However, as you may be thinking, surely things cannot be going so perfectly! There are two questions I would like to ask. 

1. He is not able to eat large grain on his own yet. Should he be able to at 30 days? He can only eat smaller grain and I still have to hand feed him the larger stuff (drop it in his mouth). 

2. Should I keep him in a coop in the back yard (with a view to training him to fly and return home, or have him as an indoor pet? I am leaning towards indoor pet, because he seems to have imprinted on me? (if possible). He is a blue checkered feral pigeon, i think what is known as a rock pigeon? I have been told that he is not a 'homing' pigeon by the vet I saw, who suggested however he could be taught over time visually to identify his coop and return home. However the idea of potentially losing him, and him losing me scares the hell out of me as I am so attached to the little guy. 

I have also managed (you are not going to believe it) to train him to poo on newspaper before he flies away from the coffee table to me. He is able to do this on command, the little smarty pants! this took him two days to learn. However he appears far smaller than a normal pigeon to me. This, combined with his ridiculous levels of affection towards all people suggest he could be at risk if i let him fly free outside? If I was to keep him inside, i would let him out in the lounge room for flying sessions (if i can persuade my boyfriend to let me keep him inside!). 

I suppose, in summary, as I am intending on keeping him as a solitary pigeon, would it be safest and in his best interests to be an indoor or outdoor bird? This is a pressing issue as we really want to build a cage ASAP that is suited to a pigeon. 

Thanks guys, I really appreciate your effort in reading this long post! 

Cheers 

Kamz


----------



## Crab_Shrapnel (Jan 17, 2010)

Awww, I'd keep him inside


----------



## TAWhatley (Mar 6, 2001)

Welcome, Kamz! Thank you so much for raising this youngster! I vote for inside with time out of the cage if you are able to do it. It sounds like the little one has thoroughly bonded with you.

Terry


----------



## kamz (Jan 23, 2010)

thanx for the advice guys. i think that inside would be better - i think even after only about 2 weeks of having him i would be devastated if anything happened to him. 

does he need vitamin d supplements as well as his special grit - i think my partner has been persuaded by the poo on command thing to let me keep him inside. 

also, is it bad to trim his flight feathers if i intend on keeping him as an indoor bird - just in case he got out?


----------



## Pawbla (Jan 6, 2009)

Potty trained pijjie! Please tell me how you did it, haha.
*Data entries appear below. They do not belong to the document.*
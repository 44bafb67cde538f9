// A run of a machine by value.
ghost use Rattle.std.specs.Prelude.{◌≡◌};
ghost use Rattle.runner.specs.Run.{run_result, run_of};
ghost use Rattle.runner.specs.Traffic.{run_traffic};
ghost use Rattle.runner.specs.Ends.{as_run, as_step};

use super::lent::run_lent;
use super::notes::note_left;
use alu::Status;
use cpu::{Machine, Outcome, Stop};
use refusals::Refusal;
use traffic::{Log, Traffic};

// How a run ended: its budget was spent, or as its last step did.
#[derive(Clone, Copy, PartialEq, Eq, Debug)]
pub enum RunOutcome {
    Spent,
    Halted,
    Stopped(Stop),
    Refused(Refusal),
}

// A run by its last step: one that completed spent the budget.
impl From<Outcome> for RunOutcome {
    ghost from_gives = { λ outcome r. r ≡ as_run outcome };

    fn from(outcome: Outcome) -> RunOutcome {
        match outcome {
            Outcome::Completed => RunOutcome::Spent,
            Outcome::Halted => RunOutcome::Halted,
            Outcome::Stopped(stop) => RunOutcome::Stopped(stop),
            Outcome::Refused(refusal) => RunOutcome::Refused(refusal),
        }
    }
}

// A run of one step, as that step ended.
impl From<RunOutcome> for Outcome {
    ghost from_gives = { λ outcome r. r ≡ as_step outcome };

    fn from(outcome: RunOutcome) -> Outcome {
        match outcome {
            RunOutcome::Spent => Outcome::Completed,
            RunOutcome::Halted => Outcome::Halted,
            RunOutcome::Stopped(stop) => Outcome::Stopped(stop),
            RunOutcome::Refused(refusal) => Outcome::Refused(refusal),
        }
    }
}

// The machine after a run, how it ended, the steps completed, and what the last
// of them touched.
#[derive(Clone, Copy)]
pub struct Ran {
    pub machine: Machine,
    pub outcome: RunOutcome,
    pub count: u32,
    pub traffic: Traffic,
}

// Steps until `budget` of them are completed or one doesn't complete. The machine
// is flat, as C has it, so its flags are taken out here and put back. It is put
// into its callers: a machine that comes through one function more is copied once
// more, which takes a single step a fifth longer.
#[inline(always)]
pub fn run(m: Machine, memory: &mut [u8], budget: u32) -> Ran
    ensures count_after { run_result result.machine memory.new result.outcome result.count
        ≡ run_of budget m memory.old }
    ensures traffic_value { result.traffic ≡ run_traffic budget m memory.old }
{
    let mut regs = m.regs;
    let before = Status {
        n: m.n,
        z: m.z,
        c: m.c,
        v: m.v,
    };
    let mut log = Log::new();
    let e = run_lent(before, &mut regs, memory, budget, &mut log);
    let after = e.status;
    let outcome = e.outcome;
    let note = note_left(outcome, memory, regs[15], m.note);
    let machine = Machine {
        regs,
        n: after.n,
        z: after.z,
        c: after.c,
        v: after.v,
        note,
    };
    Ran {
        machine,
        outcome,
        count: e.count,
        traffic: log.last(e.count),
    }
}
Vitamin D supplements, I think they are necessary if he does not get enough direct sunlight. Direct sunlight meaning not through a window.
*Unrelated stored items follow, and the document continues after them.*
// The note that a run leaves. HALT keeps the PC on itself and memory as it is, so
// its low byte is still there when the run has ended: no step has to hand it on.
ghost use Rattle.std.specs.Prelude.{◌≡◌};
ghost use Rattle.units.specs.Bytes.{byte_at};
ghost use Rattle.runner.specs.Lent.{note_left};

use super::runs::RunOutcome;

// The byte at an address; 0 where memory has none.
fn byte_at(memory: &[u8], a: u16) -> u8
    ensures { result ≡ byte_at memory.now a }
{
    memory.get(a as usize).copied().unwrap_or(0)
}

// The note after a run that ended so with the PC there, where it was another
// before. HALT sets it to its low byte.
pub fn note_left(outcome: RunOutcome, memory: &[u8], pc: u16, before: u8) -> u8
    ensures { result ≡ note_left outcome (byte_at memory.now pc) before }
{
    match outcome {
        RunOutcome::Spent => before,
        RunOutcome::Halted => byte_at(memory, pc),
        RunOutcome::Stopped(_) => before,
        RunOutcome::Refused(_) => before,
    }
}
Trimming his feathers would be trimming his only chance to survive if he escapes and finds a dog, cat, car, or any kind of danger. Normally members recommend to avoid this.


----------



## Jay3 (May 4, 2008)

An indoor house pet would be a good idea, as if flown alone, he has more chance of being caught by a hawk. And he really isn't predator smart. He knows nothing of those things. Piggeons live in flocks because there are more eyes to watch for predators. A lone bird just isn't as safe. Yes, he would need vitamin D, or one of those full spectrum lights that you can buy. They should be changed every few months, as their strength weakens. Vitamins are good anyway.
The best thing would be if you could let him live inside, and built him an outdoor aviary that he could exercise in during the warm weather, and get fresh air and sunshine. He'd have the best of both worlds, and would probably enjoy his time outside. Don't know where you live, so don't know what kind of weather you get. Pigeons make wonderful pets, and he and you sound as though you are bonded. Let us know what you decide, and welcome to Pigeon Talk.


----------



## Mindy (Apr 2, 2009)

I vote for inside. I agree he isn't predator smart and when there is only one pigeon flying around outside he has a good chance of getting caught by a hawk. And that would be awful. Since it sounds like he is human imprinted he wouldn't survive on his own outside. He wouldn't know where to find food and if he got scared and flew away it would most likely be a death sentence for him. They also make pigeon diapers if your potty training doesn't work. I think you'll be able to talk to your boyfriend, doesn't he know the saying, a happy wife is a happy life. min


----------



## c.hert (Jan 15, 2010)

I like the philosophy of every one of you --inside bird it is---Now Mindy --Pigeon Diapers--I am just not ready for this--maybe too old for that piece of information. c.hert


----------



## kamz (Jan 23, 2010)

Hey guys, thanks for all your good ideas and tips. 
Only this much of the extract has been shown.